The Individual or the Species?

In February 2012, the Connecticut Court of Appeals determined that the lower court might have gotten it wrong. The appellate court agreed that rather than having to prove that Scuppy was a vicious individual, it might be possible for the parents of the injured child to win by proving that Scuppy’s owner knew that horses are potential biters as a species.

According to the Court of Appeals, there was substantial evidence in the record establishing that even if Scuppy did not have a propensity to bite, horses as a species do. For example:

Horses "have been doing it . . . since the beginning of time, biting and kicking," said Bernard L. Begley Jr., a local fire captain who said that he had been riding all his life.

Veterinarian Bradley W. Amery agreed that "a horse could bite you and cause serious physical damage" and that horses, by their nature, could bite someone.

The Court of Appeals reversed the dismissal of the parents’ lawsuit.
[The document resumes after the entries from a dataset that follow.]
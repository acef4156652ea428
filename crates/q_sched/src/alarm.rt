//! What says that it is time to stop.
//!
//! A run that is stopped is one whose budget was spent there. Whoever stops where the measure has fallen from M1 to M2 has taken
//! each target at a measure above M2, so the run is one under the budget M1 - M2. So nothing rests on an alarm but how far a run
//! goes, and whether it says that no target is left.
ghost use Rattle.std.specs.Prelude.{◌≡◌, ℕ, Bool, true, false, Option};
ghost use Rattle.q_sched.specs.Alarms.{risen};

/// Says when a run is to stop. Its counts stay at the last number that a u64 has.
pub trait Alarm: Drop {
    /// How often it was asked.
    ghost asked: { Self → ℕ };

    /// How often it rang.
    ghost rang: { Self → ℕ };

    /// The seconds behind which it is to ring, where it was set to some.
    ghost limit: { Self → Option ℕ };

    /// Whether it is to ring where no guide is left.
    ghost is_plain: { Self → Bool };

    /// Sets it, once, before the run: to ring behind so many seconds, and, in a plain run, where no guide is left.
    fn set(&mut self, seconds: Option<u64>, plain: bool)
        ensures limit { limit self.new ≡ seconds }
        ensures is_plain { is_plain self.new ≡ plain }
        ensures asked { asked self.new ≡ asked self.old }
        ensures rang { rang self.new ≡ rang self.old };

    /// Whether it is time to stop. It is asked before each turn and within long searches, and told whether a guide is left.
    fn rings(&mut self, guided: bool) -> bool
        ensures asked { asked self.new ≡ risen (asked self.old) }
        ensures rang { result ≡ true → rang self.new ≡ risen (rang self.old) }
        ensures silent { result ≡ false → rang self.new ≡ rang self.old }
        ensures limit { limit self.new ≡ limit self.old }
        ensures is_plain { is_plain self.new ≡ is_plain self.old };
}

/// An alarm that never rings, whatever it is set to.
#[derive(Clone, Copy, Debug, Drop)]
pub struct Never {
    asked: u64,
    limit: Option<u64>,
    plain: bool,
}

impl Never {
    /// An alarm that was not asked, and is not set.
    pub fn new() -> Never
        ensures asked { ⟦<Never as Alarm>⟧.asked result ≡ 0 }
        ensures rang { ⟦<Never as Alarm>⟧.rang result ≡ 0 }
    {
        Never {
            asked: 0,
            limit: None,
            plain: false,
        }
    }
}

impl Alarm for Never {
    ghost asked = { λ a. a.asked };

    ghost rang = { λ a. 0 };

    ghost limit = { λ a. a.limit };

    ghost is_plain = { λ a. a.plain };

    fn set(&mut self, seconds: Option<u64>, plain: bool) {
        self.limit = seconds;
        self.plain = plain;
    }

    fn rings(&mut self, _guided: bool) -> bool {
        self.asked = self.asked.saturating_add(1);
        false
    }
}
The case is back in the lap of the trial court for a determination of whether Scuppy’s owner "had notice that Scuppy belonged to a class of domestic animal that possessed a natural propensity to bite, thereby endangering customers such as the plaintiffs invited onto their property."

Connecticut is one of 46 states with an equine activity liability statute that requires individuals to assume the risk of injury resulting from inherent hazards associated with recreational equestrian activities. There are some exceptions, including the negligence of the person providing the horse for the activity. The appellate court said that the statute did not apply here, and neither party addressed the statute in their arguments to the court.

Which is the proper standard for a court to properly decide a case like this one?

Should the fact that any horse might be a biter trump the fact that a particular horse never has bitten anyone before?